The present study also showed that within the metastatic patient groups, circulating ANP levels was lowest in metastatic patients who received hormonal therapy either tamoxifen or aromatase inhibitors. This was in agreement with the study by Silva et al. [25], who found decreased levels of NT-ProBNP in patients receiving tamoxifen, and attributed this to the role of tamoxifen in preventing sub-clinical cardiac damage and decreasing cardiac synthesis of pro-BNP through different mechanisms. The first is the stimulation of endothelial nitric oxide synthase (eNOS) activity and promotion of antioxidant effects by increasing catalase activity [26]. The second was through the promotion of a significant increase in the antioxidant activity of glutathione and glutathione peroxidase [27]. As regard to the ROC analysis to assess the sensitivity of ANP in the discrimination between the control and breast cancer patients and between metastatic and non-metastatic breast cancer patients. By using a cut off value of 4.75 ng/ml between control and breast cancer patients the sensitivity was 69.4 and specificity was 100 (Table 6, Fig. 3). As regards metastatic and non-metastatic breast cancer patients the cutoff value was 11.4 ng/ml, and the sensitivity and specificity were 78.6 and 78.6, respectively (Table 6).

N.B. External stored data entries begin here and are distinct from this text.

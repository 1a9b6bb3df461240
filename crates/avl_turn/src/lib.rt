// Rotations of a tree that lent columns hold. A rotation to the other side is the same function over the mirrored
// links: the columns left and right exchanged.
#![tactic(auto)]

ghost use Rattle.std.specs.Prelude.{◌≡◌, ℕ, ◌<◌, max, length, get_or, set};
ghost use Rattle.avl_model.specs.Tree.{node, turn_left, bal};
ghost use Rattle.avl_model.specs.Lent.{IsSame, lists_of};
ghost use Rattle.avl_model.specs.inner.Held.{Heavy, Ready, Up};
ghost use Rattle.avl_model.specs.inner.Lists.{risen, tilt_of, place_of, put_root, put_left, put_right};
ghost use Rattle.avl_model.specs.inner.Lists.{l_rotated, mirrored, rl_rotated, risen3, Low, Three};

use avl_model::{Direction, LinksMut, Place};

// The height that is held for a node, and 0 for none.
fn height_of(links: &LinksMut<'_>, at: u16) -> u8
    ensures { result ≡ get_or links.now.height.now at 0 }
{
    links.height.get(at as usize).copied().unwrap_or(0)
}

// The height of a node, from those of its children.
fn update_height(links: &mut LinksMut<'_>, at: u16)
    requires at_in_bounds { (at < length links.old.left.now) × (at < length links.old.right.now)
        × (at < length links.old.height.now) }
    requires low { Low 140 links.old.height.now }
    ensures same { IsSame links.old links.new }
    ensures root { links.new.root ≡ links.old.root }
    ensures left { links.new.left.now ≡ links.old.left.now }
    ensures right { links.new.right.now ≡ links.old.right.now }
    ensures parent { links.new.parent.now ≡ links.old.parent.now }
    ensures height { let old = links.old in
        links.new.height.now ≡ risen old.left.now old.right.now old.height.now at }
{
    let i = at as usize;
    let l = links.left[i];
    let r = links.right[i];
    let high = height_of(links, l).max(height_of(links, r));
    links.height[i] = high + 1;
}

// The heights of three nodes, one after the other.
// (`Low` and `Three` are named facts and no invariant of `LinksMut`, whose columns may hold anything when C lends
// them.)
fn update_heights(links: &mut LinksMut<'_>, i: u16, j: u16, k: u16)
    requires three { let old = links.old in
        Three (length old.left.now) (length old.right.now) (length old.height.now) i j k }
    requires low { Low 120 links.old.height.now }
    ensures same { IsSame links.old links.new }
    ensures root { links.new.root ≡ links.old.root }
    ensures left { links.new.left.now ≡ links.old.left.now }
    ensures right { links.new.right.now ≡ links.old.right.now }
    ensures parent { links.new.parent.now ≡ links.old.parent.now }
    ensures height { let old = links.old in
        links.new.height.now ≡ risen3 old.left.now old.right.now old.height.now i j k }
{
    update_height(links, i);
    update_height(links, j);
    update_height(links, k);
}

// To which side a node leans by more than one, whose children have these heights. Its balance is left height minus
// right height.
fn tilt(l: u8, r: u8) -> Direction
    ensures { result ≡ tilt_of l r }
{
    let balance = i32::from(l) - i32::from(r);
    if balance > 1 {
        Direction::Left
    } else if balance < -1 {
        Direction::Right
    } else {
        Direction::Leaf
    }
}

// The child of a node on one side is now `to`. With the column left it sets the left child, with the column right
// the right one.
fn set_child(side: &mut [u16], parent: &mut [u16], node: u16, to: u16)
    requires { node < length side.old }
    ensures side { side.new ≡ set side.old node to }
    ensures parent { parent.new ≡ set parent.old to node }
{
    side[node as usize] = to;
    let i = to as usize;
    if i < parent.len() {
        parent[i] = node;
    }
}

// Where the subtree of a node hangs.
fn place_of(links: &LinksMut<'_>, at: u16) -> Place
    requires { at < length links.now.parent.now }
    ensures { result ≡ place_of links.now.left.now links.now.parent.now at }
{
    let above = links.parent[at as usize];
    match links.left.get(above as usize) {
        None => Place::Root,
        Some(&child) => {
            if child == at {
                Place::Left(above)
            } else {
                Place::Right(above)
            }
        }
    }
}

// What hangs at a place is now `to`.
pub fn put(links: &mut LinksMut<'_>, place: Place, to: u16)
    ensures same { IsSame links.old links.new }
    ensures root { links.new.root ≡ put_root place to links.old.root }
    ensures left { links.new.left.now ≡ put_left place to links.old.left.now }
    ensures right { links.new.right.now ≡ put_right place to links.old.right.now }
    ensures parent { links.new.parent.now ≡ links.old.parent.now }
    ensures height { links.new.height.now ≡ links.old.height.now }
{
    match place {
        Place::Root => {
            links.root = to;
        }
        Place::Left(p) => {
            let i = p as usize;
            if i < links.left.len() {
                links.left[i] = to;
            }
        }
        Place::Right(p) => {
            let i = p as usize;
            if i < links.right.len() {
                links.right[i] = to;
            }
        }
    }
}

// b hangs where a hung, and has a's parent.
fn hang(links: &mut LinksMut<'_>, a: u16, b: u16)
    requires { (a < length links.old.parent.now) × (b < length links.old.parent.now) }
    ensures same { IsSame links.old links.new }
    ensures root { let old = links.old in
        links.new.root ≡ put_root (place_of old.left.now old.parent.now a) b old.root }
    ensures left { let old = links.old in
        links.new.left.now ≡ put_left (place_of old.left.now old.parent.now a) b old.left.now }
    ensures right { let old = links.old in
        links.new.right.now ≡ put_right (place_of old.left.now old.parent.now a) b old.right.now }
    ensures parent { let old = links.old in
        links.new.parent.now ≡ set old.parent.now b (get_or old.parent.now a 0) }
    ensures height { links.new.height.now ≡ links.old.height.now }
{
    let place = place_of(links, a);
    put(links, place, b);
    let above = links.parent[a as usize];
    links.parent[b as usize] = above;
}

// The right child b of a comes above it; c is b's right child. This and the next two are inlined, so that no struct of
// columns lies in memory: there it is read again after each store into a column, and insertion takes up to 10 % longer.
#[inline(always)]
fn l_rotate(links: &mut LinksMut<'_>, a: u16, b: u16, c: u16)
    requires three { let old = links.old in
        Three (length old.left.now) (length old.right.now) (length old.height.now) a b c }
    requires parent_len { length links.old.parent.now ≡ length links.old.left.now }
    requires low { Low 120 links.old.height.now }
    ensures same { IsSame links.old links.new }
    ensures rotated { lists_of links.new ≡ l_rotated (lists_of links.old) a b c }
{
    hang(links, a, b);
    let b_left = links.left[b as usize];
    set_child(links.right, links.parent, a, b_left);
    set_child(links.left, links.parent, b, a);
    update_heights(links, a, c, b);
}

// The left child c of a's right child b comes above both.
#[inline(always)]
fn rl_rotate(links: &mut LinksMut<'_>, a: u16, b: u16, c: u16)
    requires three { let old = links.old in
        Three (length old.left.now) (length old.right.now) (length old.height.now) a b c }
    requires parent_len { length links.old.parent.now ≡ length links.old.left.now }
    requires low { Low 120 links.old.height.now }
    ensures same { IsSame links.old links.new }
    ensures rotated { lists_of links.new ≡ rl_rotated (lists_of links.old) a b c }
{
    hang(links, a, c);
    let c_left = links.left[c as usize];
    set_child(links.right, links.parent, a, c_left);
    let c_right = links.right[c as usize];
    set_child(links.left, links.parent, b, c_right);
    set_child(links.right, links.parent, c, b);
    set_child(links.left, links.parent, c, a);
    update_heights(links, a, b, c);
}

// a's right child b is more than one higher than its left child: b, or b's left child where that is the higher one
// of b's children, comes up. The number of what came up.
#[inline(always)]
fn turn(links: &mut LinksMut<'_>, a: u16, b: u16) -> u16
    requires { Heavy (lists_of links.old) a b }
    ensures same { IsSame links.old links.new }
    ensures turned { (w : Heavy (lists_of links.old) a b) → Up (lists_of links.new) (length links.old.left.now)
        result (turn_left w.x a (node w.y b w.z)) w.k w.hh }
{
    let y = links.left[b as usize];
    let z = links.right[b as usize];
    if height_of(links, z) < height_of(links, y) {
        rl_rotate(links, a, b, y);
        y
    } else {
        l_rotate(links, a, b, z);
        b
    }
}

// The same with left and right exchanged: a's left child b is the higher one.
fn turn_back(links: &mut LinksMut<'_>, a: u16, b: u16) -> u16
    requires { Heavy (mirrored (lists_of links.old)) a b }
    ensures same { IsSame links.old links.new }
    ensures turned { (w : Heavy (mirrored (lists_of links.old)) a b) →
        Up (mirrored (lists_of links.new)) (length links.old.right.now)
        result (turn_left w.x a (node w.y b w.z)) w.k w.hh }
{
    let mut mirror = LinksMut {
        root: links.root,
        left: &mut *links.right,
        right: &mut *links.left,
        parent: &mut *links.parent,
        height: &mut *links.height,
    };
    let up = turn(&mut mirror, a, b);
    links.root = mirror.root;
    up
}

// The height of a node on the way up, and a rotation where it leans by more than one. The number of what then
// stands there.
pub fn settle(links: &mut LinksMut<'_>, at: u16) -> u16
    requires { Ready (lists_of links.old) at }
    ensures same { IsSame links.old links.new }
    ensures settled { (w : Ready (lists_of links.old) at) →
        Up (lists_of links.new) (length links.old.left.now) result (bal w.l at w.r) w.k w.hh }
{
    update_height(links, at);
    let l = links.left[at as usize];
    let r = links.right[at as usize];
    match tilt(height_of(links, l), height_of(links, r)) {
        Direction::Left => turn_back(links, at, l),
        Direction::Right => turn(links, at, r),
        Direction::Leaf => at,
    }
}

Points of strength: to our knowledge the current study is the first report showing the diagnostic value of ANP in breast cancer and its relationship with metastasis and some clinical parameters.

One limitation of our study is the limited number of participants. The disparity between our results and some reported studies could be due to sample size limitation, different ethnic groups, and different environmental factors. Therefore, additional high-quality research to consider this peptide as a biomarker for assessing detection, progression, and early intervention therapy strategies in breast cancer patients with large sample sizes should be carried out to verify the association.

From this study, we can conclude that ANP, a cardiovascular hormone used as a targeted therapy for heart failure, may be a suspected marker for distant metastases in breast cancer patients.